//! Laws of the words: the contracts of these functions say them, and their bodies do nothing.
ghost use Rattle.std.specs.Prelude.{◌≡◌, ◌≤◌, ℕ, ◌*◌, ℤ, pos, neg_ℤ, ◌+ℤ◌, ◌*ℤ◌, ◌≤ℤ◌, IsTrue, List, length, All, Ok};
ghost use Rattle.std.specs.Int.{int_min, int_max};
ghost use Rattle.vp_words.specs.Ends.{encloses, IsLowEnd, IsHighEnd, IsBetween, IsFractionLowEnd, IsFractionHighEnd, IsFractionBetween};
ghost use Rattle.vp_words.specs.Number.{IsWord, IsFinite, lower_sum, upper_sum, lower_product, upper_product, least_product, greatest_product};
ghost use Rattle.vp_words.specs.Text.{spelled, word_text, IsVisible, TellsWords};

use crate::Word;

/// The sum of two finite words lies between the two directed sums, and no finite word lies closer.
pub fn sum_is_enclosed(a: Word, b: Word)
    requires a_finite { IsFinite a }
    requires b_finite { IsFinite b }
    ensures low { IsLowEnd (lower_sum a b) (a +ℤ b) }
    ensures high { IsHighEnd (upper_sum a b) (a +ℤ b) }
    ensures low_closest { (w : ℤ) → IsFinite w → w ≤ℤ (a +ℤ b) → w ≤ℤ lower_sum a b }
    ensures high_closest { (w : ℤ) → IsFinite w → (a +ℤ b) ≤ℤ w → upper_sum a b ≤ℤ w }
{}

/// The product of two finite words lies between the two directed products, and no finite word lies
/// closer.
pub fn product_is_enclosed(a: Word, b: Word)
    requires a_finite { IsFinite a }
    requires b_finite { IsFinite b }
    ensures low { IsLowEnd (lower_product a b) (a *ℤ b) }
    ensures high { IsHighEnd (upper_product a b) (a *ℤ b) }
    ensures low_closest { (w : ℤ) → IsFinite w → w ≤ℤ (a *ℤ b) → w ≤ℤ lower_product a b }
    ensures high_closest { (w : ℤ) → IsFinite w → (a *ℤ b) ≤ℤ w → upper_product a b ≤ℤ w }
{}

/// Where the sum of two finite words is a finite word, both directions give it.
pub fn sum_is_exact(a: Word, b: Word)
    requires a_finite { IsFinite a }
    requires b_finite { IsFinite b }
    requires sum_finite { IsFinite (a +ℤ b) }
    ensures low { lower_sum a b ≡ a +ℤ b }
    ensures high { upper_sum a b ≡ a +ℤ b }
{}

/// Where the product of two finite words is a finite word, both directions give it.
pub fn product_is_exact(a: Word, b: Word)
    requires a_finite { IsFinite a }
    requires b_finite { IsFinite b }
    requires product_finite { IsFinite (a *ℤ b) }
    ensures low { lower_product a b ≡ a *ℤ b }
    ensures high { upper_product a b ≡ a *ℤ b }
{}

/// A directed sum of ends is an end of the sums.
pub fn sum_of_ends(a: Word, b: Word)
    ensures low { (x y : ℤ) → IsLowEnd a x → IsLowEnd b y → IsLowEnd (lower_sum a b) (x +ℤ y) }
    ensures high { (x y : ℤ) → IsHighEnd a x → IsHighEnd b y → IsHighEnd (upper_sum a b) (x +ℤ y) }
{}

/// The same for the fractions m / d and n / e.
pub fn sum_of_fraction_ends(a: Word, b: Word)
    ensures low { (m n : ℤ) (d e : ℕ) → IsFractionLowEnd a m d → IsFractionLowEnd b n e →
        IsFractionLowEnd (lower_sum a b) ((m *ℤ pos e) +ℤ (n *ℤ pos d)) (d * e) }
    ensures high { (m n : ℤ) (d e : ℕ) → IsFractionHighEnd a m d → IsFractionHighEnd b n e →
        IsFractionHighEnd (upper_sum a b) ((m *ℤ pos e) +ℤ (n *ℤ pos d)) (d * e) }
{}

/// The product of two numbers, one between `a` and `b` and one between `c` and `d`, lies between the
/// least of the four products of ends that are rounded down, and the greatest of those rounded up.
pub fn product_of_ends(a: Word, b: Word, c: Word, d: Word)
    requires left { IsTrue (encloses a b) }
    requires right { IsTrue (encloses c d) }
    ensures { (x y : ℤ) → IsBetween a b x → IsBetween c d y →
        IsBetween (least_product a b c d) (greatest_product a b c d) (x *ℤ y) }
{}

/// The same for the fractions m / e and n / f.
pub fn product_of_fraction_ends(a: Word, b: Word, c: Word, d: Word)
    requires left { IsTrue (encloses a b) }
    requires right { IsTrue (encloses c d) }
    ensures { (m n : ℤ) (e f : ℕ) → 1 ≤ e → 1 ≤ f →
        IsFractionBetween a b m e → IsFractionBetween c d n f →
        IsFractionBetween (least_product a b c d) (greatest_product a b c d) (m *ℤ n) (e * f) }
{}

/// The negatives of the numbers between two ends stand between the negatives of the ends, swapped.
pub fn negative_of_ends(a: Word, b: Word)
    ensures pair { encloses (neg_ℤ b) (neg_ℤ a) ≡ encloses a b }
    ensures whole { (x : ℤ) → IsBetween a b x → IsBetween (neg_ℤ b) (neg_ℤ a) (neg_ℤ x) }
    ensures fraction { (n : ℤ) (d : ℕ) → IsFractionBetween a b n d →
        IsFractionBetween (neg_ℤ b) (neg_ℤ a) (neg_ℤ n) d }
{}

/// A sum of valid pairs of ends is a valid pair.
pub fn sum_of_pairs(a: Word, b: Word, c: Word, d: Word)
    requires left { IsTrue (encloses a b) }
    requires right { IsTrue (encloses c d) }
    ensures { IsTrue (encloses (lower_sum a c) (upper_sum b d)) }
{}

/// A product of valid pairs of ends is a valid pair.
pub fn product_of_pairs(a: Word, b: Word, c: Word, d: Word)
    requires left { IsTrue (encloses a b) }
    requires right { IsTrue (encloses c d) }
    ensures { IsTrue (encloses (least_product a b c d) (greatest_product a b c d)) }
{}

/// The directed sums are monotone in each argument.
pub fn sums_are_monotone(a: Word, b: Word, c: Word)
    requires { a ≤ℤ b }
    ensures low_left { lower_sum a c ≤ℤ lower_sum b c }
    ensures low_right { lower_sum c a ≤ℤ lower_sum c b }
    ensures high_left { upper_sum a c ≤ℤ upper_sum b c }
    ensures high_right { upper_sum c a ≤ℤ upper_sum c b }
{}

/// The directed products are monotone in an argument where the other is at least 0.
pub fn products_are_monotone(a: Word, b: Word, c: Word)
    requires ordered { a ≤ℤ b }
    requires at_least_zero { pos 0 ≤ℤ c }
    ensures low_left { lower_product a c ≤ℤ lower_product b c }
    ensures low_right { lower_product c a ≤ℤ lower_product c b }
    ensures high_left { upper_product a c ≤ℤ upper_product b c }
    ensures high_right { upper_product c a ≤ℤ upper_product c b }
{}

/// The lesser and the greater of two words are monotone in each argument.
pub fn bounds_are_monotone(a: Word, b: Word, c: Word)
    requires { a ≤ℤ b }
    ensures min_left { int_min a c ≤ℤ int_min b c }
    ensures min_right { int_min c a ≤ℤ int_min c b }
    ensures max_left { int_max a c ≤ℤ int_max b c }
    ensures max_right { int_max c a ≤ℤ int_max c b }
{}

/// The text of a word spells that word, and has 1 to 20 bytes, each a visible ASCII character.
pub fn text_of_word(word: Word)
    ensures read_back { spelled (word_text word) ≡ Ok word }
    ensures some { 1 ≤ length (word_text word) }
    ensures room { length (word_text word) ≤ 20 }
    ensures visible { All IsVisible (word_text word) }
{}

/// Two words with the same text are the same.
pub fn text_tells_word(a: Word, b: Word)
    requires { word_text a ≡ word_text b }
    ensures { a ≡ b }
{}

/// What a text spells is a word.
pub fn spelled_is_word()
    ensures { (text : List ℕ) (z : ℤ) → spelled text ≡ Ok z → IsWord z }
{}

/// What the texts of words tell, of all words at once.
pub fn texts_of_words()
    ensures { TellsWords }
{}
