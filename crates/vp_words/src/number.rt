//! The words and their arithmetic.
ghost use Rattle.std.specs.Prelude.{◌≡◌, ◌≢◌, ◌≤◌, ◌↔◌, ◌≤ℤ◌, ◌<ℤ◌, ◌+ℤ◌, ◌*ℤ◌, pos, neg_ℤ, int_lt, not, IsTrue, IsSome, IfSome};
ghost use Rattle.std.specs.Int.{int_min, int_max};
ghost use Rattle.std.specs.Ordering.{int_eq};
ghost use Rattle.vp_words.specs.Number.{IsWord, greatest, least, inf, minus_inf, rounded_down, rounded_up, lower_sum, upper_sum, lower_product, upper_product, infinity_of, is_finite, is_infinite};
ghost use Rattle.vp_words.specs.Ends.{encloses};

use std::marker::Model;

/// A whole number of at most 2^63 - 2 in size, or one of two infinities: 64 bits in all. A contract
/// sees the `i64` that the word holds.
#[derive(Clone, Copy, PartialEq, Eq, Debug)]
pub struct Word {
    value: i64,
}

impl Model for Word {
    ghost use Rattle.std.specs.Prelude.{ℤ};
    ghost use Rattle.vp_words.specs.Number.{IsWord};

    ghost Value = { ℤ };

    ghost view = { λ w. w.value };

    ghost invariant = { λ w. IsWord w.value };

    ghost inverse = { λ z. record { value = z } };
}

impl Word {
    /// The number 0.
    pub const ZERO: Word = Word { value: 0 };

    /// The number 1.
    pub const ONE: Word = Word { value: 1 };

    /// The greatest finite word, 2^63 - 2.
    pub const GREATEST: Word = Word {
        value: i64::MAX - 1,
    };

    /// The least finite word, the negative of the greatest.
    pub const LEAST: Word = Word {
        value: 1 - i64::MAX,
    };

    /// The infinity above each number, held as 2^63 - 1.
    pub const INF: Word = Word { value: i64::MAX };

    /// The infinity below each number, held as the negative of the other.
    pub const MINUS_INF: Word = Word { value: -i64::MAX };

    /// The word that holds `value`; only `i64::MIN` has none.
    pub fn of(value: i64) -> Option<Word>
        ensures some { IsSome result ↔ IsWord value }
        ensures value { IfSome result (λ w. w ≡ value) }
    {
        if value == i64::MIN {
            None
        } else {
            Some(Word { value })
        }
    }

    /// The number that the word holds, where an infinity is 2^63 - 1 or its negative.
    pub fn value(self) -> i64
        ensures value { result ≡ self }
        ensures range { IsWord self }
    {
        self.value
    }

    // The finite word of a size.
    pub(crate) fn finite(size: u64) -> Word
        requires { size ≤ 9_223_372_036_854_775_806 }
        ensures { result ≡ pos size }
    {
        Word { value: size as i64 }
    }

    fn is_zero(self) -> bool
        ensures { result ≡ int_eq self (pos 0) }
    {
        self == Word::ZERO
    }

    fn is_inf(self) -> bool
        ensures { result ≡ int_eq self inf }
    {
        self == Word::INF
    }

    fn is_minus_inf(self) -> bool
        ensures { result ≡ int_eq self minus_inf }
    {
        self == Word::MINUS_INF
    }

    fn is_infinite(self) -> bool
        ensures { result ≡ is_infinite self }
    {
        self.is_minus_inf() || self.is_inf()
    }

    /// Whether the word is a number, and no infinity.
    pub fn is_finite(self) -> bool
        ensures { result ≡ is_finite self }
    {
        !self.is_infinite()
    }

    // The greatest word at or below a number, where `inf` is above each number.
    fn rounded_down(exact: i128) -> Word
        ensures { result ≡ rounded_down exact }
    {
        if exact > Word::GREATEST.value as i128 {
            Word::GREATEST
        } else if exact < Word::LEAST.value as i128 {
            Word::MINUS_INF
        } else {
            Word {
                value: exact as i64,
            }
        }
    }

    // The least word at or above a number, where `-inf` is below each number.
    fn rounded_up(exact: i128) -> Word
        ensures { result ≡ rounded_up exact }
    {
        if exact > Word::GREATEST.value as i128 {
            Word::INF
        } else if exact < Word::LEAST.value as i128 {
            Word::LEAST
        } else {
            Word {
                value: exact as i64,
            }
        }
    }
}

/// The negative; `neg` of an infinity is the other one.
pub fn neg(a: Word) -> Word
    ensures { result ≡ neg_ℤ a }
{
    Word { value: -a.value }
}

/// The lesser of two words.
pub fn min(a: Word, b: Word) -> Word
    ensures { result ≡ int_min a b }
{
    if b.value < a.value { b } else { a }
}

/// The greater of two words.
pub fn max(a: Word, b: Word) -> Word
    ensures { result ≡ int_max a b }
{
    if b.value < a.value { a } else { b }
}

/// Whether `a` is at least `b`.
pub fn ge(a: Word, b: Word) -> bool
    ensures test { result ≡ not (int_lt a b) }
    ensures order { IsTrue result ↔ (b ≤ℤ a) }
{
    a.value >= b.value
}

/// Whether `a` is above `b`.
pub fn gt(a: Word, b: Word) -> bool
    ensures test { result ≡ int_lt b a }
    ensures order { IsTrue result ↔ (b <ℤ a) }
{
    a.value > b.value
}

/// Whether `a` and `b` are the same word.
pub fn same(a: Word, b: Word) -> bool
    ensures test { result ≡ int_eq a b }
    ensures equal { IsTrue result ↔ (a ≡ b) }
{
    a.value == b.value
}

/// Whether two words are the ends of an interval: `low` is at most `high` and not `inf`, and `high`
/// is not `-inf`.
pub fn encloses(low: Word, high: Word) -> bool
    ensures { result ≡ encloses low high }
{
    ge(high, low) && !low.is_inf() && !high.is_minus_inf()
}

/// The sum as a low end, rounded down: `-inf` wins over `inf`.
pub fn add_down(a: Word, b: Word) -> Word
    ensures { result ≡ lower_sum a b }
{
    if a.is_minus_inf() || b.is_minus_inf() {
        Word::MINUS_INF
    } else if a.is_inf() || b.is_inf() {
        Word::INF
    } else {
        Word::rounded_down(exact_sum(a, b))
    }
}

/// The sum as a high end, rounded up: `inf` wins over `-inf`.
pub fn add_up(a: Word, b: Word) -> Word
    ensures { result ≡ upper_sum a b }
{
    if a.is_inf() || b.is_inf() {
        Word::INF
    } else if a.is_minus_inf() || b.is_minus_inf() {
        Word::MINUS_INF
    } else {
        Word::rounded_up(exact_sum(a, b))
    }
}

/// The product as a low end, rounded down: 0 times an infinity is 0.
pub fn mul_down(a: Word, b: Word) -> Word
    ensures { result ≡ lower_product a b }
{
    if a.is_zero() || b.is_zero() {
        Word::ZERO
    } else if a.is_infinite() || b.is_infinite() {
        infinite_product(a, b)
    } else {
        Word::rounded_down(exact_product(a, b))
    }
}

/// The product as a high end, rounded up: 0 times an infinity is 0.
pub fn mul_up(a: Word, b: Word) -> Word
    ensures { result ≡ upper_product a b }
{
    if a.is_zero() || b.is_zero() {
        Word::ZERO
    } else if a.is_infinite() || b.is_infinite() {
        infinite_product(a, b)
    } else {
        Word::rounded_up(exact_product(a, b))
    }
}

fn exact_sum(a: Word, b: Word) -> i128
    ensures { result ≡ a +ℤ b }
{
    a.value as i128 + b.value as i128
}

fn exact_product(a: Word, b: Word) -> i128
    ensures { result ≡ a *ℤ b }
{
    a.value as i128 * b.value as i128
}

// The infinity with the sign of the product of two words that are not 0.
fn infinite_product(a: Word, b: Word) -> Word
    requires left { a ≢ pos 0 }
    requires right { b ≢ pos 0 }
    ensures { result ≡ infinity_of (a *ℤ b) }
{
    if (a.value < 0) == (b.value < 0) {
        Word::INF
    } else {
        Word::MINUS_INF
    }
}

*The task*. The lines to copy are those in the listing that contain the word "IsWord".

*Response to this exercise*.
ghost use Rattle.vp_words.specs.Number.{IsWord, IsFinite, lower_sum, upper_sum, lower_product, upper_product, least_product, greatest_product};
    ensures { (text : List ℕ) (z : ℤ) → spelled text ≡ Ok z → IsWord z }
ghost use Rattle.vp_words.specs.Number.{IsWord, greatest, least, inf, minus_inf, rounded_down, rounded_up, lower_sum, upper_sum, lower_product, upper_product, infinity_of, is_finite, is_infinite};
    ghost use Rattle.vp_words.specs.Number.{IsWord};
    ghost invariant = { λ w. IsWord w.value };
        ensures some { IsSome result ↔ IsWord value }
        ensures range { IsWord self }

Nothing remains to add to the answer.